Advantage of using L4 LBs are majorly due to the fact that we don’t read the content for balancing incoming requests. This leads to simpler load balancing (only uses ports and IPs), its more secure, works with any protocol. You can also configure them to use one TCP connection using NAT configuration.

Disadvantage are due to fact that we don’t read the content, without which we can’t balance load smartly (like heavy workload should go to specific chunky machines), as such they also don’t apply to microservices. The connections are sticky, so that same client will go to same host.

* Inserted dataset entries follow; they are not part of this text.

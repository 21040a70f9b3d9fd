//! Links of the greatest length that is read, and of a byte more.

use super::calls::{POINTS, words_of};
use super::growths::{MODEL, SEVEN};
use delivery::{Status, run};
use ports::{MemoryShelf, MemorySink};
use std::alloc::Global;
use std::process::Abort;
use std::test::Fail;

// What `points` answers over links of so many spaces.
fn is_answered(
    rt: &impl Abort,
    alloc: Global,
    length: usize,
    wanted: Status,
    report: &str,
) -> Result<(), Fail> {
    let links = vec![in alloc; b' '; length]?;
    let mut shelf = MemoryShelf::new(alloc);
    shelf.with_file("M", MODEL.as_bytes())?;
    shelf.with_file("T", SEVEN.as_bytes())?;
    shelf.with_file("C", &links)?;
    let mut out = MemorySink::new(alloc);
    let status = run(alloc, &words_of(alloc, POINTS)?, &mut shelf, &mut out);
    assert_eq!(rt; status, wanted);
    assert_eq!(rt; out.bytes(), report.as_bytes());
    Ok(())
}

#[test]
fn links_are_read_up_to_their_limit(rt: HostRuntime) -> Result<(), Fail> {
    let report = "LINKS 0 0\nVERDICT ACCEPTED 1\n";
    is_answered(&rt, rt.alloc(), 65_536, Status::Accepted, report)
}

#[test]
fn links_of_a_byte_too_many_are_over_the_limit(rt: HostRuntime) -> Result<(), Fail> {
    is_answered(
        &rt,
        rt.alloc(),
        65_537,
        Status::OverLimit,
        "FAULT LIMIT links\n",
    )
}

You can’t cache since we don’t access data, and finally these LBs are unaware of protocol used inside data which could be dangerous.

Layer7 LBs operates at Application level, as such they can keep pre-warmed TCP connections to backend servers for incoming request, but they also need to see the data inside each request for operating. This requires you to share you private key and certificate with the LB, if client is using TLS protocol.

Advantage of these LBs are from the ability to read the request which allows you to balance incoming requests smartly (based on protocol or path) which also allows you to use them in microservice architecture. You can cache the data on LB. You can implement API Gateway logic on it like authentication, logging, rate limiting, etc.

Disadvantage is since it needs to read the data, it’ll have to buffer the segments and decrypt them and understand the protocol for routing which is expensive to maintain and perform. Decrypting the data requires you to terminate the TLS, so you’ll have to share the TLS certificates.

TLS 0 RTT¶

TLS1.2 uses 2 RTT to complete its handshake, while TLS1.3 reduced it to 1 RTT. An even further optimization called TLS Session Resumption reduces the handshake to 0 RTT allowing application to start sending data immediately without any handshake. This is implemented using two parameters:

PSK (pre-shared key) extension allows client and server to reuse keying material from previous secure session. To achieve this, the server sends client a session ticket after TLS session ends, which acts as pre-shared key for next TLS session. This essentially remove the full round trip for key exchange.
Early Data extension allows client to send application data with the very first message, even before handshake.

But 0-RTT comes at a security risk of replay attacks. Replay attack happens when MITM (man in the middle) sees the encrypted traffic but can’t change it, but it can replay the encrypted segments causing the server to replay the received action. However, it's not as straightforward as attacker has to syncup sequences, hashes and checksums. But even after all the shell is crafted up, the server would still reject this malicious packet because TLS segments are labeled with a unique sequence number which is monotonically increasing (not same as TCP sequence number) and since this information is encrypted, you can’t replay this part of information. As such when server receives an already processed TLS sequence number, it rejects the packet.

Now with 0-RTT, client starts sending client-hello with PSK and early data which is already encrypted and signed with PSK binder to prevent attacker from changing the request and the server is designed to accept this 0-RTT request by looking up the pre-master secrets for provide PSK and start a new connection. But attacker can sniff this client-hello packet and replay it for themselves and now since the server upon accepting 0-RTT request by opening a new connection with TLS sequence number starting from 0 these malicious packets won’t be dropped. This way, the attacker can replay the request multiple times and if these segments involves POST HTTP request that change state of your database, it’s a critical security breach. The proposed solution for this are:

Build idempotent backend APIs
Reject anything and only allow GET with not query parameters
Allow one session ticket redemption

Still, 0-RTT is very powerful features which makes encrypted sessions as fast as early unencrypted traffic which can be of great value of IOT and low resource devices.